La Matière hagiographique de Bretagne a été soumise à des influences multiples tout au long de son histoire. Un apport vraisemblablement notable, mais difficilement évaluable, concernant la composition des Vies des saints bretons dans ce foyer de langue brittonique, a consisté dans le recyclage d’anciennes traditions orales celtiques, remontant à des mythes et rites préchrétiens, qui, toujours plus dépouillées au fil du temps de leur ancienne portée religieuse et culturelle, avaient pu être mises par écrit et toilettées par des lettrés chrétiens, ou continuaient de figurer dans les répertoires des conteurs bretons armoricains, mais aussi corniques, gallois ou bien encore ceux d’Irlande, de Man et d’Écosse.

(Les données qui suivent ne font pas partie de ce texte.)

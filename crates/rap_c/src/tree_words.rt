//! A text's tree, in words.
ghost use Rattle.std.specs.Prelude.{◌≡◌, ◌≢◌, IfErr, IfOk};
ghost use Rattle.rap_c.specs.Given.{IsRefusal};
ghost use Rattle.rap_c.specs.Tree.{ComesOfText, ComesOfTree};
ghost use Rattle.rap_c.specs.TreeWords.{AreWordsUntouched, IsFilledTreeWords, IsTreeWords};

use crate::answer::{Fault, RapAnswer, settle};
use crate::numbers::{edition_of, top_entry_of};
use crate::packer::Packer;
use crate::reading::text_of;
use ra_ap_parser::{Edition, TextFault, TopEntryPoint, parse_text};
use std::alloc::Global;

/// Fills the room with the words of the text's tree, and with those of the lexer's messages behind them.
fn fill_tree_words(
    alloc: Global,
    edition: Edition,
    entry: TopEntryPoint,
    text: &str,
    words: &mut [u32],
    messages: &mut [u8],
) -> Result<RapAnswer, Fault>
    ensures filled { IfOk result (IsFilledTreeWords text.now edition entry words.old words.new messages.old messages.new) }
    ensures fault { IfErr result (ComesOfText text.now edition) }
    ensures untouched { IfErr result (λ _. AreWordsUntouched words.old words.new messages.old messages.new) }
{
    let mut packer = Packer::new(words, messages);
    match parse_text(alloc, edition, entry, text, &mut packer) {
        Ok(parsed) => {
            // For the proof: it fits its type.
            let _count = parsed.lexed.len();
            let tree = packer.count;
            packer.add_errors_of(&parsed.lexed);
            Ok(packer.answer(tree))
        }
        Err(TextFault::TextTooLong) => Err(Fault::TextTooLong),
        Err(TextFault::TooManyTokens) => Err(Fault::TooManyTokens),
        Err(TextFault::NoMemory) => Err(Fault::NoMemory),
        Err(TextFault::Refused(never)) => match never {},
    }
}

/// Reads the numbers and the bytes, and fills the room.
fn tree_words(
    alloc: Global,
    text: &[u8],
    edition: u32,
    entry: u32,
    words: &mut [u32],
    messages: &mut [u8],
) -> Result<RapAnswer, Fault>
    ensures filled { IfOk result (IsTreeWords text.now edition entry words.old words.new messages.old messages.new) }
    ensures fault { IfErr result (ComesOfTree text.now edition entry) }
    ensures untouched { IfErr result (λ _. AreWordsUntouched words.old words.new messages.old messages.new) }
{
    let edition = edition_of(edition)?;
    let entry = top_entry_of(entry)?;
    let text = text_of(text)?;
    fill_tree_words(alloc, edition, entry, text, words, messages)
}

/// Parses the text from the top entry with the number, and fills the slices with the words of its tree, behind which
/// those of the lexer's messages stand, and with the bytes of all messages. The result says how many of each there are,
/// and how many of the words are the tree's.
#[unsafe(no_mangle)]
pub extern "C" fn rap_tree_words(
    alloc: Global,
    text: &[u8],
    edition: u32,
    entry: u32,
    words: &mut [u32],
    messages: &mut [u8],
) -> RapAnswer
    ensures tree { result.status ≡ 0 → IsTreeWords text.now edition entry words.old words.new messages.old messages.new result }
    ensures refused { result.status ≢ 0 → IsRefusal (ComesOfTree text.now edition entry) result × AreWordsUntouched words.old words.new messages.old messages.new }
{
    settle(tree_words(alloc, text, edition, entry, words, messages))
}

Cet apport n’est pas toujours évident à identifier, du fait que notre connaissance des anciennes mythologies des sociétés celtiques est largement fragmentaire ; du fait aussi que ces biographies de saints et les chroniques de leurs miracles sont en général des oeuvres composites et hybrides que les hagiographes ont élaborées en combinant données historiques et motifs littéraires puisés aussi bien à des thèmes épiques, folkloriques que bibliques ou d’autres fonds hagiographiques antérieurs, et en les adaptant avec une grande liberté au système de valeurs de la société de leur temps. Il en résulte qu’il est souvent plus aisé d’authentifier un petit substrat celtique en cours de narration que d’affirmer la structuration d’un personnage ou d’une Vita entière à partir du décalque d’un ancien mythe celte. Il n’est pas moins délicat de tenter d’évaluer le caractère volontaire de l’emprunt, de comprendre s’il était détenu de première ou d’énième main, d’identifier sa source de provenance – parfois une autre oeuvre hagiographique -, de savoir s’il fut motivé par un objectif religieux précis, enfin de jauger la part de « resémentisation », d’adaptatio christiana qu’il contenait. Nous le voyons parfois sur Ar Gedour, via certaines de nos publications concernant la Vie des Saints de Bretagne : nos recherches aboutissent à des approfondissements ou à des remises en questions, ce qui génère occasionnellement des désaccords avec certains de nos lecteurs ou avec d’autres chercheurs.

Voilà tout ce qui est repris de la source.